We collect the sequence of n independent observations of the random vector X in a set as:

\{\bold X_i, i=1,2,\dots,n\}\ \text{ s.t }\bold X_i\in\mathbb{R}^{r\times 1}\tag{13}

The estimate for \mu_X is given by:

\hat \mu_X=\bold{\bar X}:=\frac{1}{n}\sum_{i=1}^{n}\bold X_i\tag{14}

let \bold X_{ci}=\bold X_i-\bold{\bar X} for n observations of the random vector; and let \chi_c={\bold X_{c1},\dots,\bold X_{cn}}\in \mathbb{R}^{r\times n}. Then, the estimate for the covariance matrix is:

\hat\Sigma_{XX}=\frac{1}{n}\chi_c\chi_c^\text T\tag{15}

Ordered eigenvalues and their associated eigenvectors of \hat\Sigma_{XX} is then estimate the population parameters. This leads to writing:

\hat\lambda_1\ge\hat\lambda_2\ge\dots\ge\hat\lambda_r\ge 0\\ \ \\ \hat A=(\hat v_1,\dots,\hat v_t)=\hat B^\text T\tag{16}

In practice, the vectors of independent observations are collected as columns (or rows) of a matrix (just re-writing Eq. 13). Let’s call this matrix the matrix of observations. Here, each column represents an observation of X:

\bold X=\begin{bmatrix}|&|&\dots &|\\ \bold X_1 & \bold X_2 &\dots &\bold X_n \\|&|&\dots &| \end{bmatrix}\in \mathbb{R}^{r\times n}\tag{17}

Recalling Eq. 5 or Eq. 12, PC’s can be calculated for each columns of the matrix of observations. In this regards, we obtain estimates of the PC’s of X:

\hat\xi_{ij}^{(t)}=\hat v_j^\text T\bold X_i\ \in\mathbb{R}\\ j=1,\dots,t\ \text{ and }\ i=1,\dots,n

This is the estimate of the j-th PC of X calculated based on the i-th observation \bold X_i. The term \hat\xi_{ij}^{(t)} is called the score for the i-th observation on the j-th PC.

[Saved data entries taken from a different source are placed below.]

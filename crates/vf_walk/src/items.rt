//! Items of a unit.

ghost use Rattle.std.specs.Prelude.{◌≡◌};
ghost use Rattle.vf_walk.specs.Items.{WalksItem, WalksItems};
ghost use Rattle.vf_walk.specs.Walking.{Follows};

use crate::annotations::Annotations;
use crate::function::{walk_definition, walk_prototype};
use crate::function_type::walk_function_type;
use crate::structure::{walk_struct, walk_struct_name};
use std::alloc::Global;
use vf_base::{RuleFault, Sequence};
use vf_declared::scope::Scope;
use vf_syntax::item::Item;

/// Walks over an item: what it declares is added to the scope, or it is refused, behind which the scope is of no use.
#[tactic(auto, using(crate::proofs::Steps::just))]
pub fn walk_item<A: Annotations>(
    alloc: Global,
    scope: &mut Scope,
    annotations: &A,
    item: &Item,
) -> Result<(), RuleFault>
    ensures { Follows (WalksItem (A.meanings annotations.now) item.now scope.old) result scope.new }
{
    match item {
        Item::Opaque(_, name) => walk_struct_name(alloc, scope, name, true),
        Item::Struct(_, name, fields) => walk_struct(alloc, scope, name, fields),
        Item::FunctionType(_, signature, contract) => {
            walk_function_type(alloc, scope, annotations, signature, contract)
        }
        Item::Prototype(signature, _, contract) => {
            walk_prototype(alloc, scope, annotations, signature, contract)
        }
        Item::Function(signature, _, contract, body) => {
            walk_definition(alloc, scope, annotations, signature, contract, body)
        }
        Item::Ghost(item) => annotations.item(scope, item),
    }
}

/// Walks over items in the order of the text: what they declare is added to the scope, or the first of them that is
/// refused is answered with its refusal, behind which the scope is of no use.
#[tactic(auto, using(crate::proofs::Loops::leads_here, crate::proofs::Loops::items_more, crate::proofs::Loops::items_stop, crate::proofs::Loops::items_none, crate::proofs::Loops::items_end))]
pub fn walk_items<A: Annotations>(
    alloc: Global,
    scope: &mut Scope,
    annotations: &A,
    items: &Sequence<Item>,
) -> Result<(), RuleFault>
    ensures { Follows (WalksItems (A.meanings annotations.now) items.now scope.old) result scope.new }
{
    for at in 0..items.len() {
        let Some(item) = items.get(at) else {
            return Ok(());
        };
        walk_item(alloc, scope, annotations, item)?;
    }
    Ok(())
}
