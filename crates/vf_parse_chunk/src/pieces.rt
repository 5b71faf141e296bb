//! Parts of assertions as they were read, before it is known whether they stand between the parentheses of an
//! expression.

ghost use Rattle.std.specs.Prelude.{◌≡◌, [], ◌∷◌, IfOk};
ghost use Rattle.vf_parse_chunk.specs.Pieces.{part_of_value, term_of, part_of};
ghost use Rattle.vf_parse_chunk.specs.declared.pieces.Piece.TheVariants as pieces;

use std::alloc::Global;
use vf_base::{Memory, Place, Sequence};
use vf_parse_pattern::patterns::Patterns;
use vf_syntax::assertion::{Assertion, Part, PartNode};
use vf_syntax::ghost_expr::{GhostExpr, GhostExprNode};
use vf_syntax::pattern::Pattern;
use vf_syntax::written::Name;

/// A part that an expression spells too.
#[derive(Drop)]
pub enum Value {
    /// An expression that is no application, and its place.
    Term(Place, GhostExpr),
    /// A name applied to expressions.
    Application(Name, Patterns),
}

/// A part as it was read.
#[derive(Drop)]
pub enum Piece {
    /// A part that an expression spells too.
    Value(Value),
    /// A conditional with such branches, which is an expression between parentheses.
    Conditional(Place, GhostExpr, Value, Value),
    /// Any other part.
    Other(Part),
}

/// What stands at the front of a part, behind its share: a chunk, or an operand of an expression.
#[derive(Drop)]
pub enum Front {
    /// A name with patterns, and with more of them where there are two lists.
    Chunk(Name, Patterns, Option<Sequence<Pattern>>),
    /// An operand, behind which the expression may go on.
    Operand(GhostExpr),
}

/// What was read of a part: all of it, or the first operand of its expression.
#[derive(Drop)]
pub enum Begun {
    Whole(Piece),
    Operand(GhostExpr),
}

/// An assertion of one part.
pub fn one_part(alloc: Global, part: Part) -> Result<Assertion, Memory>
    ensures { IfOk result (λ xs. xs ≡ part ∷ []) }
{
    let mut parts = Assertion::new(alloc);
    parts.push(part)?;
    Ok(parts)
}

impl Value {
    /// The part.
    pub fn into_part(self) -> Result<Part, Memory>
        ensures { IfOk result (λ x. x ≡ part_of_value self) }
    {
        match self {
            Value::Term(place, term) => {
                let node = PartNode::Pure(term);
                Ok(Part { place, node })
            }
            Value::Application(name, patterns) => {
                let place = name.place;
                let node = PartNode::Chunk(None, name, patterns.into_sequence()?, None);
                Ok(Part { place, node })
            }
        }
    }

    /// The expression that its tokens spell.
    pub fn into_term(self) -> Result<GhostExpr, Memory>
        ensures { IfOk result (λ x. x ≡ term_of self) }
    {
        match self {
            Value::Term(_, term) => Ok(term),
            Value::Application(name, patterns) => {
                let place = name.place;
                let node = GhostExprNode::Application(name.text, patterns.into_terms()?);
                Ok(GhostExpr { place, node })
            }
        }
    }
}

/// A conditional with branches of one part each.
fn conditional(
    alloc: Global,
    place: Place,
    test: GhostExpr,
    first: Value,
    second: Value,
) -> Result<Part, Memory>
    ensures { IfOk result (λ x. x ≡ part_of (pieces.Conditional place test first second)) }
{
    let first = one_part(alloc, first.into_part()?)?;
    let second = one_part(alloc, second.into_part()?)?;
    let node = PartNode::Conditional(test, first, second);
    Ok(Part { place, node })
}

impl Piece {
    /// The part.
    pub fn into_part(self, alloc: Global) -> Result<Part, Memory>
        ensures { IfOk result (λ x. x ≡ part_of self) }
    {
        match self {
            Piece::Value(value) => value.into_part(),
            Piece::Conditional(place, test, first, second) => {
                conditional(alloc, place, test, first, second)
            }
            Piece::Other(part) => Ok(part),
        }
    }
}
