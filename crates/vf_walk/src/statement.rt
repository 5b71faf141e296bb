//! Statements.

ghost use Rattle.std.specs.Prelude.{◌≡◌};
ghost use Rattle.vf_syntax.specs.StmtTree.{stmt_list};
ghost use Rattle.vf_walk.specs.Statements.{condition, count, first_part, for_parts, Inner, simple, WalksForBody, WalksForHead, WalksStmt, WalksStmts, without_first};
ghost use Rattle.vf_walk.specs.Walking.{Follows, Gives, Only, optional, Optional, Then};

use crate::annotations::Annotations;
use crate::variable::{walk_condition, walk_declaration, walk_first, walk_return, walk_simple};
use vf_base::{Place, RuleFault};
use vf_declared::ctype::CType;
use vf_declared::scope::Scope;
use vf_syntax::contract::Invariant;
use vf_syntax::expr::Expr;
use vf_syntax::simple::{First, Simple};
use vf_syntax::stmt::{Stmt, StmtList, StmtNode};

/// What stands first in a `for`, if there is anything.
fn walk_optional_first(scope: &mut Scope, part: &Option<First>) -> Result<(), RuleFault>
    ensures { Gives result scope.new (optional first_part part.now scope.old) }
{
    match part {
        Some(part) => walk_first(scope, part),
        None => Ok(()),
    }
}

/// The condition of a `for`, if it has one.
fn walk_optional_condition(scope: &Scope, test: &Option<Expr>) -> Result<(), RuleFault>
    ensures { Gives result scope.now (optional condition test.now scope.now) }
{
    match test {
        Some(test) => walk_condition(scope, test),
        None => Ok(()),
    }
}

/// The step of a `for`, if it has one.
fn walk_optional_simple(scope: &Scope, part: &Option<Simple>) -> Result<(), RuleFault>
    ensures { Gives result scope.now (optional simple part.now scope.now) }
{
    match part {
        Some(part) => walk_simple(scope, part),
        None => Ok(()),
    }
}

/// The invariant of a loop that stands in a file, if it has one.
#[tactic(auto, using(crate::proofs::Steps::absent))]
fn walk_invariant<A: Annotations>(
    scope: &mut Scope,
    annotations: &A,
    file: u32,
    invariant: &Option<Invariant>,
) -> Result<(), RuleFault>
    ensures { Follows (Optional ((A.meanings annotations.now).invariant file) invariant.now scope.old) result scope.new }
{
    match invariant {
        Some(invariant) => annotations.invariant(scope, file, invariant),
        None => Ok(()),
    }
}

/// What stands in front of the body of a `while`: its condition and its invariant.
#[tactic(auto, using(crate::proofs::Steps::end_of))]
fn walk_while_head<A: Annotations>(
    scope: &mut Scope,
    annotations: &A,
    file: u32,
    test: &Expr,
    invariant: &Option<Invariant>,
) -> Result<(), RuleFault>
    ensures { Follows (Then (Only (condition test.now scope.old)) (Optional ((A.meanings annotations.now).invariant file) invariant.now)) result scope.new }
{
    walk_condition(scope, test)?;
    walk_invariant(scope, annotations, file, invariant)
}

/// What stands in front of the body of a `for`: its first part, its condition, its step and its invariant.
#[derive(Drop)]
struct ForHead<'a> {
    start: &'a Option<First>,
    test: &'a Option<Expr>,
    step: &'a Option<Simple>,
    invariant: &'a Option<Invariant>,
}

/// The first part of a `for`, its condition and its step.
#[tactic(auto, using(crate::proofs::Steps::go, crate::proofs::Steps::stop))]
fn walk_for_parts(scope: &mut Scope, head: &ForHead<'_>) -> Result<(), RuleFault>
    ensures { Gives result scope.new (for_parts head.now.start.now head.now.test.now head.now.step.now scope.old) }
{
    walk_optional_first(scope, head.start)?;
    walk_optional_condition(scope, head.test)?;
    walk_optional_simple(scope, head.step)
}

/// What stands in front of the body of a `for` at a place.
#[tactic(auto, using(crate::proofs::Steps::end_of))]
fn walk_for_head<A: Annotations>(
    scope: &mut Scope,
    annotations: &A,
    place: Place,
    head: &ForHead<'_>,
) -> Result<(), RuleFault>
    ensures { Follows (WalksForHead (A.meanings annotations.now) place head.now.start.now head.now.test.now head.now.step.now head.now.invariant.now scope.old) result scope.new }
{
    walk_for_parts(scope, head)?;
    walk_invariant(scope, annotations, place.file, head.invariant)
}

/// Takes the local away that the first part of a `for` declares, where so many stood before it.
fn leave_first(scope: &mut Scope, count: usize, part: &Option<First>) -> Result<(), RuleFault>
    ensures { Gives result scope.new (without_first part.now count scope.old) }
{
    if let Some(First::Declaration(_, _, _)) = part {
        scope.locals.remove(count)?;
    }
    Ok(())
}

/// A statement whose locals are its own.
#[cycle(stmt)]
#[tactic(auto, using(crate::proofs::Steps::end_here))]
fn walk_inner<A: Annotations>(
    scope: &mut Scope,
    annotations: &A,
    given: CType,
    statement: &Stmt,
) -> Result<(), RuleFault>
    ensures { Follows (Inner (WalksStmt (A.meanings annotations.now) given statement.now) scope.old) result scope.new }
{
    let count = scope.locals.names.len();
    walk_statement(scope, annotations, given, statement)?;
    scope.locals.leave(count);
    Ok(())
}

/// Two statements that follow a condition.
#[cycle(stmt)]
fn walk_branches<A: Annotations>(
    scope: &mut Scope,
    annotations: &A,
    given: CType,
    test: &Expr,
    yes: &Stmt,
    no: &Stmt,
) -> Result<(), RuleFault>
    ensures { Follows (Then (Then (Only (condition test.now scope.old)) (Inner (WalksStmt (A.meanings annotations.now) given yes.now))) (Inner (WalksStmt (A.meanings annotations.now) given no.now))) result scope.new }
{
    walk_condition(scope, test)?;
    walk_inner(scope, annotations, given, yes)?;
    walk_inner(scope, annotations, given, no)
}

/// A statement that follows a condition.
#[cycle(stmt)]
#[tactic(auto, using(crate::proofs::Steps::end_of))]
fn walk_if<A: Annotations>(
    scope: &mut Scope,
    annotations: &A,
    given: CType,
    test: &Expr,
    yes: &Stmt,
) -> Result<(), RuleFault>
    ensures { Follows (Then (Only (condition test.now scope.old)) (Inner (WalksStmt (A.meanings annotations.now) given yes.now))) result scope.new }
{
    walk_condition(scope, test)?;
    walk_inner(scope, annotations, given, yes)
}

/// A `while` that stands in a file.
#[cycle(stmt)]
#[tactic(auto, using(crate::proofs::Steps::end_here))]
fn walk_while<A: Annotations>(
    scope: &mut Scope,
    annotations: &A,
    given: CType,
    file: u32,
    test: &Expr,
    invariant: &Option<Invariant>,
    body: &Stmt,
) -> Result<(), RuleFault>
    ensures { Follows (Then (Then (Only (condition test.now scope.old)) (Optional ((A.meanings annotations.now).invariant file) invariant.now)) (Inner (WalksStmt (A.meanings annotations.now) given body.now))) result scope.new }
{
    walk_while_head(scope, annotations, file, test, invariant)?;
    walk_inner(scope, annotations, given, body)
}

/// The body of a `for`, before whose first part so many locals stood.
#[cycle(stmt)]
#[tactic(auto, using(crate::proofs::Steps::last, crate::proofs::Steps::end_here))]
fn walk_for_body<A: Annotations>(
    scope: &mut Scope,
    annotations: &A,
    given: CType,
    count: usize,
    start: &Option<First>,
    body: &Stmt,
) -> Result<(), RuleFault>
    ensures { Follows (WalksForBody start.now count (WalksStmt (A.meanings annotations.now) given body.now) scope.old) result scope.new }
{
    walk_inner(scope, annotations, given, body)?;
    leave_first(scope, count, start)
}

/// A `for` at a place.
#[cycle(stmt)]
fn walk_for<A: Annotations>(
    scope: &mut Scope,
    annotations: &A,
    given: CType,
    place: Place,
    head: &ForHead<'_>,
    body: &Stmt,
) -> Result<(), RuleFault>
    ensures { Follows (Then (WalksForHead (A.meanings annotations.now) place head.now.start.now head.now.test.now head.now.step.now head.now.invariant.now scope.old) (WalksForBody head.now.start.now (count scope.old) (WalksStmt (A.meanings annotations.now) given body.now))) result scope.new }
{
    let count = scope.locals.names.len();
    walk_for_head(scope, annotations, place, head)?;
    walk_for_body(scope, annotations, given, count, head.start, body)
}

/// A statement in a function that gives a type.
#[cycle(stmt)]
#[tactic(auto, using(crate::proofs::Steps::just))]
fn walk_statement<A: Annotations>(
    scope: &mut Scope,
    annotations: &A,
    given: CType,
    statement: &Stmt,
) -> Result<(), RuleFault>
    ensures { Follows (WalksStmt (A.meanings annotations.now) given statement.now scope.old) result scope.new }
{
    match &statement.node {
        StmtNode::Declaration(written, name, value, _) => walk_declaration(
            scope, written, name, value,
        ),
        StmtNode::Simple(part, _) => walk_simple(scope, part),
        StmtNode::If(test, yes) => walk_if(scope, annotations, given, test, yes),
        StmtNode::IfElse(test, yes, no) => walk_branches(scope, annotations, given, test, yes, no),
        StmtNode::While(test, invariant, body) => {
            let file = statement.place.file;
            walk_while(scope, annotations, given, file, test, invariant, body)
        }
        StmtNode::For(start, test, step, invariant, body) => {
            let head = ForHead {
                start,
                test,
                step,
                invariant,
            };
            walk_for(scope, annotations, given, statement.place, &head, body)
        }
        StmtNode::Return(value, _) => walk_return(scope, given, statement.place, value),
        StmtNode::Block(statements, _) => walk_block(scope, annotations, given, statements),
        StmtNode::Empty => Ok(()),
        StmtNode::Ghost(command) => annotations.command(scope, command),
    }
}

/// Statements whose locals are their own.
#[cycle(stmt)]
#[tactic(auto, using(crate::proofs::Steps::end_here))]
fn walk_block<A: Annotations>(
    scope: &mut Scope,
    annotations: &A,
    given: CType,
    statements: &StmtList,
) -> Result<(), RuleFault>
    ensures { Follows (Inner (WalksStmts (A.meanings annotations.now) given (stmt_list statements.now)) scope.old) result scope.new }
{
    let count = scope.locals.names.len();
    walk_statements(scope, annotations, given, statements)?;
    scope.locals.leave(count);
    Ok(())
}

/// Statements in a function that gives a type.
#[cycle(stmt)]
#[tactic(auto, using(crate::proofs::Lists::stmt_smaller, crate::proofs::Loops::leads_here, crate::proofs::Loops::stmts_more, crate::proofs::Loops::stmts_stop, crate::proofs::Loops::stmts_none, crate::proofs::Loops::stmts_end))]
pub fn walk_statements<A: Annotations>(
    scope: &mut Scope,
    annotations: &A,
    given: CType,
    statements: &StmtList,
) -> Result<(), RuleFault>
    ensures { Follows (WalksStmts (A.meanings annotations.now) given (stmt_list statements.now) scope.old) result scope.new }
{
    for at in 0..statements.len() {
        let Some(statement) = statements.get(at) else {
            return Ok(());
        };
        walk_statement(scope, annotations, given, statement)?;
    }
    Ok(())
}
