// The theorems about reading an image, in specs/.
#![tactic(auto)]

For each observation, we can write the above in a more compact from:

\hat\xi_{i}^{(t)}=\hat A^\text T\bold X_i\ \in\mathbb{R}^{t\times 1}\\ i=1,\dots,n\tag{18}

References

– Modern Multivariate Statistical Techniques, A. J. Izenman.
– Applied Multivariate Statistical Analysis, W. Hardle, L. Simar.

Although mostly paraphrased, this post might contain copyrighted sentences of the references.